My daughter and I independently recounted this incident. My version is below. For her version, click
hereI was excited! Christmas was just a week away and, though an adult in years, I was still a child at heart. Today was the annual “treat Sunday “at church. As my daughter and I left the building, we received a small paper bag containing various treats—usually candy, popcorn and an orange.
As we rounded the downtown square, I turned to my daughter and asked, “What’s in your treat bag?”
She opened the bag and found it contained the usual assortment of goodies. She picked out one of the candies and sighed, “Oh, it’s a Farley candy.”
Farley candy reminded me of Chuck & Betty Farley, a couple we had "met" on a previous trip to South Dakota. But, that is another story. Anyway, for some reason I have always had an affinity for
spoonerisms.
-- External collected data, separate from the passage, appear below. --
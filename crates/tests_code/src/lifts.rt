//! What instructions give to tracked names, track lists, and a program, by hand.

ghost use Rattle.frame_offsets.specs.Frames.{AreOffsetsOf};

use crate::images::{push_section, push_symbol};
use affine_lift::{TrackRefusal, lift, read_tracked};
use affine_prog::{Assign, Edge, Kind, Proc, Program};
use elf_image::{Image, read_image};
use elf_write::{
    FileHeader, SegmentHeader, file_of_words, push_file_header, push_program_header, push_words,
};
use flow_points::{Points, recover};
use frame_offsets::{Offsets, offsets};
use report_text::{Name, Tracked};
use std::alloc::{AllocError, Global};
use word_rows::Row;

const EBREAK: u32 = 0x00100073;

/// The image of a small file with this code.
fn image_of(alloc: Global, words: &[u32]) -> Option<Image> {
    match file_of_words(alloc, words) {
        Ok(file) => image_in(alloc, &file),
        Err(_) => None,
    }
}

fn image_in(alloc: Global, file: &[u8]) -> Option<Image> {
    match read_image(alloc, file) {
        Ok(image) => Some(image),
        Err(_) => None,
    }
}

fn points_in(alloc: Global, image: &Image) -> Option<Points> {
    match recover(alloc, image) {
        Ok(points) => Some(points),
        Err(_) => None,
    }
}

/// The program of a small file with this code, for a track list.
fn program_of(alloc: Global, words: &[u32], list: &str) -> Option<Program> {
    match image_of(alloc, words) {
        Some(image) => program_in(alloc, &image, list),
        None => None,
    }
}

fn program_in(alloc: Global, image: &Image, list: &str) -> Option<Program> {
    match points_in(alloc, image) {
        Some(points) => program_at(alloc, image, &points, list),
        None => None,
    }
}

fn program_at(alloc: Global, image: &Image, points: &Points, list: &str) -> Option<Program> {
    match read_tracked(alloc, list, image, points) {
        Ok(tracked) => program_for(alloc, points, &tracked),
        Err(_) => None,
    }
}

fn program_for(alloc: Global, points: &Points, tracked: &Tracked) -> Option<Program> {
    match offsets(alloc, points) {
        Ok(offsets) => lifted(alloc, points, &offsets, tracked),
        Err(_) => None,
    }
}

fn lifted(alloc: Global, points: &Points, offsets: &Offsets, tracked: &Tracked) -> Option<Program>
    requires { AreOffsetsOf points.now offsets.now }
{
    match lift(alloc, points, offsets, tracked) {
        Ok(program) => Some(program),
        Err(_) => None,
    }
}

/// The assignments of an edge, before it calls, if it does.
fn assigns_of(kind: &Kind) -> &[Assign] {
    match kind {
        Kind::Do(assigns) => assigns.as_slice(),
        Kind::Call { before, .. } => before.as_slice(),
    }
}

/// Whether a word gives these assignments to a0, a1, the slots at -8 and -16, and ra, behind `addi sp,sp,-16`.
fn gives(alloc: Global, word: u32, assigns: &[Assign]) -> bool {
    let code = [0xff010113, word, EBREAK, EBREAK];
    match program_of(alloc, &code, "a0,a1,0x10078:-8,0x10078:-16,ra") {
        Some(program) => is_second(program.edges.as_slice(), assigns),
        None => false,
    }
}

/// Whether the second edge has these assignments.
fn is_second(edges: &[Edge], assigns: &[Assign]) -> bool {
    edges.len() > 1 && assigns_of(&edges[1].kind) == assigns
}

/// These factors of a0, a1 and the slots at -8 and -16, and a constant.
fn row(factors: [u64; 4], constant: u64) -> Row<17> {
    let [a0, a1, upper, lower] = factors;
    Row::zero()
        .with(0, a0)
        .with(1, a1)
        .with(2, upper)
        .with(3, lower)
        .with(16, constant)
}

const MINUS_1: u64 = u64::MAX;

/// Words that set the name at a position to a sum: its factors and its constant.
const SUMS: [(u32, u8, [u64; 4], u64); 26] = [
    (0x00558513, 0, [0, 1, 0, 0], 5), // addi a0,a1,5
    (0xfff58513, 0, [0, 1, 0, 0], MINUS_1), // addi a0,a1,-1
    (0x00700513, 0, [0; 4], 7), // addi a0,zero,7
    (0x00a58533, 0, [1, 1, 0, 0], 0), // add a0,a1,a0
    (0x00b00533, 0, [0, 1, 0, 0], 0), // add a0,zero,a1
    (0x00b58533, 0, [0, 2, 0, 0], 0), // add a0,a1,a1
    (0x40a58533, 0, [MINUS_1, 1, 0, 0], 0), // sub a0,a1,a0
    (0x40528533, 0, [0; 4], 0), // sub a0,t0,t0
    (0x80000537, 0, [0; 4], 0xffffffff80000000), // lui a0,0x80000
    (0x00001517, 0, [0; 4], 0x1107c), // auipc a0,0x1
    (0x00359513, 0, [0, 8, 0, 0], 0), // slli a0,a1,3
    (0x00059513, 0, [0, 1, 0, 0], 0), // slli a0,a1,0
    (0x03f59513, 0, [0, 0x8000000000000000, 0, 0], 0), // slli a0,a1,63
    (0xfff5c513, 0, [0, MINUS_1, 0, 0], MINUS_1), // xori a0,a1,-1
    (0x0005e533, 0, [0, 1, 0, 0], 0), // or a0,a1,zero
    (0x00b06533, 0, [0, 1, 0, 0], 0), // or a0,zero,a1
    (0x0005c533, 0, [0, 1, 0, 0], 0), // xor a0,a1,zero
    (0x00004533, 0, [0; 4], 0), // xor a0,zero,zero
    (0x0002f533, 0, [0; 4], 0), // and a0,t0,zero
    (0x02500533, 0, [0; 4], 0), // mul a0,zero,t0
    (0x008000ef, 4, [0; 4], 0x10080), // jal ra,8
    (0x00813503, 0, [0, 0, 1, 0], 0), // ld a0,8(sp)
    (0x00013503, 0, [0, 0, 0, 1], 0), // ld a0,0(sp)
    (0x00a13423, 2, [1, 0, 0, 0], 0), // sd a0,8(sp)
    (0x00b13023, 3, [0, 1, 0, 0], 0), // sd a1,0(sp)
    (0x00013023, 3, [0; 4], 0), // sd zero,0(sp)
];

fn all_give_sums(alloc: Global) -> bool {
    for (word, place, factors, constant) in SUMS.iter() {
        let sum = Assign::Affine(*place, row(*factors, *constant));
        if !gives(alloc, *word, &[sum]) {
            return false;
        }
    }
    true
}

#[test]
fn sums_of_registers_and_slots(rt: HostRuntime) {
    assert!(rt; all_give_sums(rt.alloc()));
}

/// Words that set the name at a position to any word.
const UNKNOWNS: [(u32, u8); 26] = [
    (0x00028513, 0), // addi a0,t0,0
    (0x00528533, 0), // add a0,t0,t0
    (0x40558533, 0), // sub a0,a1,t0
    (0x03f29513, 0), // slli a0,t0,63
    (0x00b5e533, 0), // or a0,a1,a1
    (0x00b5c533, 0), // xor a0,a1,a1
    (0x00b5f533, 0), // and a0,a1,a1
    (0x0055f533, 0), // and a0,a1,t0
    (0x0005e513, 0), // ori a0,a1,0
    (0x0005f513, 0), // andi a0,a1,0
    (0x0005c513, 0), // xori a0,a1,0
    (0x0005851b, 0), // addiw a0,a1,0
    (0x0005853b, 0), // addw a0,a1,zero
    (0x02b03533, 0), // mulhu a0,zero,a1
    (0x0005d513, 0), // srli a0,a1,0
    (0x00812503, 0), // lw a0,8(sp)
    (0x00413503, 0), // ld a0,4(sp)
    (0x01013503, 0), // ld a0,16(sp)
    (0x0005b503, 0), // ld a0,0(a1)
    (0x00000073, 0), // ecall
    (0x00513423, 2), // sd t0,8(sp)
    (0x00a13623, 2), // sd a0,12(sp), the bytes from -4 to 3, across 2^64
    (0x00a12423, 2), // sw a0,8(sp)
    (0x00a107a3, 2), // sb a0,15(sp)
    (0xfea13e23, 3), // sd a0,-4(sp)
    (0x00011323, 3), // sh zero,6(sp)
];

/// Words that set both slots to any word, the slot at -8 first: sd a0,4(sp); sh a0,7(sp).
const BOTH_SLOTS: [u32; 2] = [0x00a13223, 0x00a113a3];

/// Words that set none of the names: sd a0,16(sp); sd a0,-8(sp); sb a0,-1(sp); sd a0,0(a1); addi t0,a0,1;
/// addi zero,a0,1; beq a0,a1,8; fence; jal zero,8.
const NOTHING: [u32; 9] = [
    0x00a13823, 0xfea13c23, 0xfea10fa3, 0x00a5b023, 0x00150293, 0x00150013, 0x00b50463, 0x0ff0000f,
    0x0080006f,
];

fn all_give_any(alloc: Global) -> bool {
    for (word, place) in UNKNOWNS.iter() {
        if !gives(alloc, *word, &[Assign::Any(*place)]) {
            return false;
        }
    }
    true
}

fn all_give(alloc: Global, words: &[u32], assigns: &[Assign]) -> bool {
    for word in words {
        if !gives(alloc, *word, assigns) {
            return false;
        }
    }
    true
}

#[test]
fn unknown_words(rt: HostRuntime) {
    let alloc = rt.alloc();
    assert!(rt; all_give_any(alloc));
    assert!(rt; all_give(alloc, &BOTH_SLOTS, &[Assign::Any(2), Assign::Any(3)]));
    assert!(rt; all_give(alloc, &NOTHING, &[]));
}

/// Lists on a file whose one procedure is 0x10078, with why each is refused.
const REFUSED: [(&str, TrackRefusal); 21] = [
    ("", TrackRefusal::Empty),
    (",,,,,,,,,,,,,,,,", TrackRefusal::TooMany(16)),
    (",", TrackRefusal::UnknownName(1)),
    ("zero", TrackRefusal::UnknownName(1)),
    ("a0,,a1", TrackRefusal::UnknownName(2)),
    ("main:-8", TrackRefusal::UnknownName(1)),
    ("0x:-8", TrackRefusal::UnknownName(1)),
    ("0X10078:-8", TrackRefusal::UnknownName(1)),
    ("0x00000000000010078:-8", TrackRefusal::UnknownName(1)),
    ("a0:0x10078:-8", TrackRefusal::UnknownName(1)),
    ("main:-12,main", TrackRefusal::UnknownName(1)),
    ("0x10078:-12", TrackRefusal::BadSlot(1)),
    ("0x10078:-2056", TrackRefusal::BadSlot(1)),
    ("0x10078:-08", TrackRefusal::BadSlot(1)),
    ("0x10078:8", TrackRefusal::BadSlot(1)),
    ("a0,0x9999:-4", TrackRefusal::BadSlot(2)),
    ("0x9999:-8", TrackRefusal::NoSuchProcedure(1)),
    ("a0,0x9999:-8,a0", TrackRefusal::NoSuchProcedure(2)),
    ("s0,fp", TrackRefusal::Repeated(2)),
    ("a0,a0,zero", TrackRefusal::Repeated(2)),
    ("0x10078:-8,a0,0x010078:-8", TrackRefusal::Repeated(3)),
];

/// Whether a list is refused so.
fn is_refused(
    alloc: Global,
    list: &str,
    image: &Image,
    points: &Points,
    refusal: TrackRefusal,
) -> bool {
    match read_tracked(alloc, list, image, points) {
        Ok(_) => false,
        Err(found) => found == refusal,
    }
}

fn are_refused(
    alloc: Global,
    image: &Image,
    points: &Points,
    lists: &[(&str, TrackRefusal)],
) -> bool {
    for (list, refusal) in lists {
        if !is_refused(alloc, list, image, points, *refusal) {
            return false;
        }
    }
    true
}

fn refuses(alloc: Global, image: &Image, lists: &[(&str, TrackRefusal)]) -> bool {
    match points_in(alloc, image) {
        Some(points) => are_refused(alloc, image, &points, lists),
        None => false,
    }
}

fn refuses_lists(alloc: Global) -> bool {
    match image_of(alloc, &[0x00500513, EBREAK]) {
        Some(image) => refuses(alloc, &image, &REFUSED),
        None => false,
    }
}

#[test]
fn refused_lists(rt: HostRuntime) {
    assert!(rt; refuses_lists(rt.alloc()));
}

/// Symbols, by their place among the texts `main`, `a0` and `end`, and their values.
const SYMBOLS: [(u32, u64); 4] = [(1, 0x10078), (1, 0x1007c), (6, 0x10078), (9, 0x1007c)];

/// A file whose one procedure is 0x10078, with these symbols: texts at 128, symbols at 144, sections at 240.
fn file_with_symbols(alloc: Global) -> Result<Vec<u8>, AllocError> {
    let header = FileHeader {
        entry: 0x10078,
        flags: 0,
        segments: 1,
        sections_at: 240,
        sections: 2,
        names_section: 0,
    };
    let segment = SegmentHeader {
        offset: 0,
        address: 0x10000,
        stored: 128,
        size: 128,
        flags: 5,
    };
    let mut file = Vec::new(alloc);
    push_file_header(&mut file, &header)?;
    push_program_header(&mut file, &segment)?;
    push_words(&mut file, &[0x00500513, EBREAK])?;
    push_symbols(&mut file)?;
    Ok(file)
}

fn push_symbols(file: &mut Vec<u8>) -> Result<(), AllocError> {
    file.extend_from_slice(b"\0main\0a0\0end\0\0\0\0")?;
    for (name, value) in SYMBOLS.iter() {
        push_symbol(file, (*name, 0x12, 1, *value))?;
    }
    push_section(file, [2, 144, 96, 1, 24])?;
    push_section(file, [3, 128, 16, 0, 0])
}

/// What a list of registers and slots of the procedure names.
const NAMES: [Name; 5] = [
    Name::Register(10),
    Name::Register(11),
    Name::Slot {
        proc_entry: 0x10078,
        below: 2048,
    },
    Name::Slot {
        proc_entry: 0x10078,
        below: 8,
    },
    Name::Slot {
        proc_entry: 0x10078,
        below: 16,
    },
];

fn are_named(alloc: Global, image: &Image, points: &Points) -> bool {
    let list = "a0,x11,0x10078:-2048,main:-8,a0:-16";
    match read_tracked(alloc, list, image, points) {
        Ok(tracked) => tracked.names.as_slice() == NAMES.as_slice(),
        Err(_) => false,
    }
}

fn has_names(alloc: Global, image: &Image) -> bool {
    match points_in(alloc, image) {
        Some(points) => are_named(alloc, image, &points),
        None => false,
    }
}

/// Lists on that file, with why each is refused.
const REFUSED_NAMES: [(&str, TrackRefusal); 5] = [
    ("main", TrackRefusal::UnknownName(1)),
    ("a0,mai:-8", TrackRefusal::UnknownName(2)),
    ("main:-12", TrackRefusal::BadSlot(1)),
    ("end:-8", TrackRefusal::NoSuchProcedure(1)),
    ("0x10078:-8,main:-8", TrackRefusal::Repeated(2)),
];

fn image_with_symbols(alloc: Global) -> Option<Image> {
    match file_with_symbols(alloc) {
        Ok(file) => image_in(alloc, &file),
        Err(_) => None,
    }
}

fn serves_names(alloc: Global) -> bool {
    match image_with_symbols(alloc) {
        Some(image) => has_names(alloc, &image) && refuses(alloc, &image, &REFUSED_NAMES),
        None => false,
    }
}

#[test]
fn names_of_lists(rt: HostRuntime) {
    assert!(rt; serves_names(rt.alloc()));
}

/// jal ra,8; ebreak; addi sp,sp,-16; sd ra,8(sp); beq a0,zero,8; jal ra,-12; ld ra,8(sp); addi sp,sp,16; ret
const RECURSION: [u32; 9] = [
    0x008000ef, EBREAK, 0xff010113, 0x00113423, 0x00050463, 0xff5ff0ef, 0x00813083, 0x01010113,
    0x00008067,
];

/// Its edges for sp, ra and the slot at -8: from where to where, which procedure is called, and the position
/// that is set, with its factors and its constant.
const EDGES: [(u32, u32, Option<u32>, Option<u8>, [u64; 4], u64); 9] = [
    (0, 1, Some(1), Some(1), [0; 4], 0x1007c),
    (2, 3, None, Some(0), [1, 0, 0, 0], MINUS_1 - 15),
    (3, 4, None, Some(2), [0, 1, 0, 0], 0),
    (4, 5, None, None, [0; 4], 0),
    (4, 6, None, None, [0; 4], 0),
    (5, 6, Some(1), Some(1), [0; 4], 0x10090),
    (6, 7, None, Some(1), [0, 0, 1, 0], 0),
    (7, 8, None, Some(0), [1, 0, 0, 0], 16),
    (8, 10, None, None, [0; 4], 0),
];

/// The procedure that an edge calls.
fn callee_of(kind: &Kind) -> Option<u32> {
    match kind {
        Kind::Do(_) => None,
        Kind::Call { callee, .. } => Some(*callee),
    }
}

/// Whether an edge is this one of the table.
fn is_edge(edge: &Edge, case: &(u32, u32, Option<u32>, Option<u8>, [u64; 4], u64)) -> bool {
    let (from, to, callee, place, factors, constant) = *case;
    let assigns = assigns_of(&edge.kind);
    let same = match place {
        Some(place) => assigns == [Assign::Affine(place, row(factors, constant))].as_slice(),
        None => assigns.is_empty(),
    };
    same && edge.from == from && edge.to == to && callee_of(&edge.kind) == callee
}

fn are_edges(edges: &[Edge], cases: &[(u32, u32, Option<u32>, Option<u8>, [u64; 4], u64)]) -> bool {
    for (edge, case) in edges.iter().zip(cases) {
        if !is_edge(edge, case) {
            return false;
        }
    }
    edges.len() == cases.len()
}

const PROCS: [Proc; 2] = [
    Proc {
        entry: 0,
        exit: 9,
        slots: 0,
    },
    Proc {
        entry: 2,
        exit: 10,
        slots: 0b100,
    },
];

const OWNERS: [u32; 11] = [0, 0, 1, 1, 1, 1, 1, 1, 1, 0, 1];

fn has_nodes(program: &Program) -> bool {
    program.width == 3
        && program.registers == 0b011
        && program.nodes == 11
        && program.start == 0
        && program.procs.as_slice() == PROCS.as_slice()
        && program.owners.as_slice() == OWNERS.as_slice()
}

fn is_recursion(alloc: Global) -> bool {
    match program_of(alloc, &RECURSION, "sp,ra,0x10080:-8") {
        Some(program) => has_nodes(&program) && are_edges(program.edges.as_slice(), &EDGES),
        None => false,
    }
}

#[test]
fn a_recursion(rt: HostRuntime) {
    assert!(rt; is_recursion(rt.alloc()));
}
In my strongest, most ho! ho! ho! liday voice I shouted “Well, F…k Charley!”
I knew instantly that I should have silently rehearsed that spoonerism before blurting it out. Time stood still as many thoughts raced through my mind.
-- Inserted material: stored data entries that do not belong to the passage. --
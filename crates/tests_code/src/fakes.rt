//! Texts that are read from memory and written to it, in pieces, with calls that fail and with none.

ghost use Rattle.std.specs.Prelude.{◌≡◌, ◌≢◌, ◌≤◌, Err, IsOk};

use crate::system::{fails_as, reads_as};
use outside::{ReadError, WriteError, read_all, write_all};
use outside_fakes::{CleanFiles, CleanSink, MemFile, MemFiles, MemSink};
use std::alloc::{AllocError, Global};

/// Over files that never fail, no read does.
fn read_cleanly(alloc: Global, files: &mut CleanFiles, name: &str) -> Result<Vec<u8>, ReadError>
    ensures { result ≢ Err ReadError.Failed }
{
    read_all(alloc, files, name, 100)
}

/// Into a sink that never fails, every text is written.
fn write_cleanly(sink: &mut CleanSink, bytes: &[u8]) -> Result<(), WriteError>
    ensures { IsOk result }
{
    write_all(sink, bytes)
}

const ROW: &[u8] = b"rel 1*a0 -5\n";

fn file(alloc: Global, name: &str, contents: &[u8]) -> Result<MemFile, AllocError> {
    Ok(MemFile {
        name: String::from_str(alloc, name)?,
        contents: Vec::from_slice(alloc, contents)?,
        faults: 0,
    })
}

/// Files, of which the last has the name of the second.
const FILES: [(&str, &[u8]); 3] = [("empty", b""), ("row", ROW), ("row", b"hidden")];

fn files(alloc: Global) -> Result<Vec<MemFile>, AllocError> {
    let mut files = Vec::new(alloc);
    for (name, contents) in FILES.iter() {
        files.push(file(alloc, name, contents)?)?;
    }
    Ok(files)
}

fn fails_of(alloc: Global, fail: u64) -> Result<Vec<u64>, AllocError> {
    let mut fails = Vec::new(alloc);
    fails.push(fail)?;
    Ok(fails)
}

/// These files, which give so many bytes a call, and the call that fails.
fn files_in_pieces(alloc: Global, piece: usize, fail: u64) -> Result<MemFiles, AllocError>
    requires { 1 ≤ piece }
{
    let fails = fails_of(alloc, fail)?;
    match files(alloc) {
        Ok(files) => Ok(MemFiles {
            files,
            piece,
            fails,
            calls: 0,
            faults: 0,
        }),
        Err(error) => Err(error),
    }
}

/// The bytes of a call, the call that fails, a name, the limit, and the contents that are read.
const READ: [(usize, u64, &str, u64, &[u8]); 5] = [
    (1, 0, "row", 100, ROW),
    (3, 0, "row", 12, ROW),
    (64, 0, "row", 12, ROW),
    (64, 0, "empty", 0, b""),
    (64, 3, "row", 12, ROW),
];

fn is_read(alloc: Global, case: &(usize, u64, &str, u64, &[u8])) -> bool {
    let (piece, fail, name, limit, contents) = *case;
    match files_in_pieces(alloc, piece.max(1), fail) {
        Ok(mut files) => reads_as(alloc, &mut files, name, limit, contents) && files.faults == 0,
        Err(_) => false,
    }
}

fn all_are_read(alloc: Global) -> bool {
    for case in READ.iter() {
        if !is_read(alloc, case) {
            return false;
        }
    }
    true
}

/// The same with the cause where a file isn't read, and the faults that are counted at no file.
const UNREAD: [(usize, u64, &str, u64, ReadError, u64); 5] = [
    (3, 3, "row", 12, ReadError::Failed, 0),
    (64, 2, "row", 12, ReadError::Failed, 0),
    (5, 0, "row", 11, ReadError::TooLong(11), 0),
    (64, 0, "row", 0, ReadError::TooLong(0), 0),
    (64, 0, "absent", 100, ReadError::Failed, 1),
];

fn is_unread(alloc: Global, case: &(usize, u64, &str, u64, ReadError, u64)) -> bool {
    let (piece, fail, name, limit, error, faults) = *case;
    match files_in_pieces(alloc, piece.max(1), fail) {
        Ok(mut files) => fails_as(alloc, &mut files, name, limit, error) && files.faults == faults,
        Err(_) => false,
    }
}

fn none_is_read(alloc: Global) -> bool {
    for case in UNREAD.iter() {
        if !is_unread(alloc, case) {
            return false;
        }
    }
    true
}

#[test]
fn reads_from_memory(rt: HostRuntime) {
    assert!(rt; all_are_read(rt.alloc()));
    assert!(rt; none_is_read(rt.alloc()));
}

const TEXT: &[u8] = b"The relations that hold at each point are printed in order.\n";

/// The room of a sink, the bytes of a call, the call that fails, and how much of the text is written.
const WRITTEN: [(usize, usize, u64, usize); 6] = [
    (60, 1, 0, 60),
    (60, 3, 0, 60),
    (64, 64, 0, 60),
    (60, 10, 2, 10),
    (60, 64, 1, 0),
    (25, 10, 0, 25),
];

fn sink_of(alloc: Global, room: usize, piece: usize, fail: u64) -> Option<MemSink>
    requires { 1 ≤ piece }
{
    match fails_of(alloc, fail) {
        Ok(fails) => MemSink::with_capacity(alloc, room, piece, fails).ok(),
        Err(_) => None,
    }
}

/// Whether a sink takes so many bytes of the text, and counts a fault where they are fewer than all 60.
fn takes(sink: &mut MemSink, length: usize) -> bool {
    let failed = length < 60;
    let faults = if failed { 1 } else { 0 };
    write_all(sink, TEXT).is_err() == failed
        && sink.faults == faults
        && Some(sink.written.as_slice()) == TEXT.get(..length)
}

fn is_written(alloc: Global, case: &(usize, usize, u64, usize)) -> bool {
    let (room, piece, fail, length) = *case;
    match sink_of(alloc, room, piece.max(1), fail) {
        Some(mut sink) => takes(&mut sink, length),
        None => false,
    }
}

fn all_are_written(alloc: Global) -> bool {
    for case in WRITTEN.iter() {
        if !is_written(alloc, case) {
            return false;
        }
    }
    true
}

#[test]
fn writes_to_memory(rt: HostRuntime) {
    assert!(rt; TEXT.len() == 60);
    assert!(rt; all_are_written(rt.alloc()));
}

fn reads_cleanly(alloc: Global, files: &mut CleanFiles, name: &str, contents: &[u8]) -> bool {
    match read_cleanly(alloc, files, name) {
        Ok(got) => got.as_slice() == contents,
        Err(_) => false,
    }
}

/// Whether a sink that has taken almost all that it counts takes two texts.
fn counts_to_the_top() -> bool {
    let mut sink = CleanSink {
        taken: u64::MAX - 5,
    };
    write_cleanly(&mut sink, b"four").is_ok()
        && write_cleanly(&mut sink, b"four").is_ok()
        && sink.taken == u64::MAX
}

fn reads_every_name(alloc: Global) -> bool {
    match files(alloc) {
        Ok(files) => {
            let mut clean = CleanFiles { files };
            reads_cleanly(alloc, &mut clean, "row", ROW)
                && reads_cleanly(alloc, &mut clean, "absent", b"")
        }
        Err(_) => false,
    }
}

#[test]
fn never_fails(rt: HostRuntime) {
    assert!(rt; reads_every_name(rt.alloc()));
    assert!(rt; counts_to_the_top());
}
Oh, my gosh! Did I really say that? Here I am only two minutes away from church and I’m already shouting the “F” word to my 12-year old daughter. I must be a really unfit mother. And poor baby Jesus…what will He think? I didn’t mean to be irreverent. I really didn’t mean to say that.As I sat frozen at the steering wheel wondering how to explain my outburst, both of us were struck with the humor of the situation. Simultaneously we burst into uncontrollable laughter. These were no giddy giggles, these were gargantuan guffaws that gave you a bellyache and made you cry so hard you couldn’t see. We carried on like this the remaining 10 miles home, hoping we wouldn’t meet a cop. He would surely accuse me of sipping too much eggnog.
Well, they say all’s well that ends well. And things did turn out just fine. My daughter was apparently unaffected by that unexpected encounter with the “F” word, I know Jesus understood and forgave my foolishness and I learned to quit using those spoonerisms.